3. Sabatino, F., Masoro, E. J., McMahan, C. A., and Kuhn, R. W., An assessment of the role of the glucocorticoid system in aging processes and in the action of food restriction. Journal of Gerontology: Biological Sciences 1991; 46: B171-B179.

4. Klebanov et al, Hyperadrenocorticism, attenuated inflammation and the life-prolonging action of food restriction in mice. Journal of Gerontology: Biological Sciences 1995; 50A: B78-B82.

5. Heydari, A. R., Wu, B., Takahashi, R., and Richardson, A., The expression of heat shock protein 70 is altered by age and diet at the level of transcription. Molecular and Cellular Biology 1993; 13: 2909-2918.

6. Duffy, P. H. et al, The effect of dietary restriction and aging on the physiological response of rodents to drugs. In: Implications for the Design and Interpretation of Toxicity and Carcinogenicity Studies (Hart, R. W., Neuman, D. A. and Robertson, R. T., Eds.). ILSI Press: Washington, DC, 1995, pp. 125-140.

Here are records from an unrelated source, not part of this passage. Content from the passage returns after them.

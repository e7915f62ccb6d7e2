//! Two prefixes of one document in one call.
use jiter::PartialMode;
use jiter::client::two_prefixes;
use std::alloc::{AllocError, Global};
use test_rows::{Partial, Row, bytes_of};
use test_support::told::text_of;

/// The values of both prefixes, or the error. ` | ` ends the shorter one and the longer one in the row.
pub fn answer(alloc: Global, row: Row<'_>) -> Result<String, AllocError> {
    let mut bytes = Vec::new(alloc);
    let mut ends = (0, 0);
    for (number, part) in row.input.split(" | ").enumerate() {
        bytes.extend_from_slice(bytes_of(alloc, part)?.as_slice())?;
        match number {
            0 => ends = (bytes.len(), bytes.len()),
            1 => ends.1 = bytes.len(),
            _ => {}
        }
    }
    let mode = match row.partial {
        Partial::Off => PartialMode::Off,
        Partial::On => PartialMode::On,
        Partial::TrailingStrings => PartialMode::TrailingStrings,
    };
    both(alloc, bytes.as_slice(), ends, row.allow_inf_nan, mode)
}

fn both(
    alloc: Global,
    bytes: &[u8],
    ends: (usize, usize),
    allow_inf_nan: bool,
    mode: PartialMode,
) -> Result<String, AllocError> {
    let (shorter, longer) = ends;
    if shorter > longer || longer > bytes.len() {
        return String::from_str(alloc, "no prefixes");
    }
    match &two_prefixes(alloc, bytes, shorter, longer, allow_inf_nan, mode) {
        Ok(values) => {
            let first = text_of(alloc, &values.0)?;
            let second = text_of(alloc, &values.1)?;
            format!(in alloc; "{first} and {second}")
        }
        Err(error) => format!(in alloc; "{} at {}", error.error_type, error.index),
    }
}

7. Service, P. M., Hutchinson, E. W., MacKinley, M. D., and Rose, M. R., Resistance to environmental stress in Drosophila melanogaster selected for postponed senescence. Physiological Zoology 1985; 147: 380-389.

8. Arking, R. et al, Elevated paraquat resistance can be used as a bioassay for longevity in a genetically based long-lived strain of Drosophila. Developmental Genetics 1991, 12: 362-370.

9. Kennedy, B. K., Austriaco, N. R. Jr., Zhang, J., and Guarente, L., Mutation in the silencing gene SIR4 can delay aging. Cell 1995; 80: 485-496.

10. Lithgow, G. J. and Kirkwood, T. G. L., Mechanisms of the evolution of aging. Science 1996; 273: 80.

11. Lin, Y, J., Seroude, L., and Benzer, S., Extended life-span and stress resistance in the Drosophila mutant methuselah. Science 1998; 282: 943-946.

12. Masoro, E. J. and Austad, S. N., The evolution of the antiaging action of dietary restriction: A hypothesis. Journal of Gerontology: Biological Science 51A; 1996: B387-B391.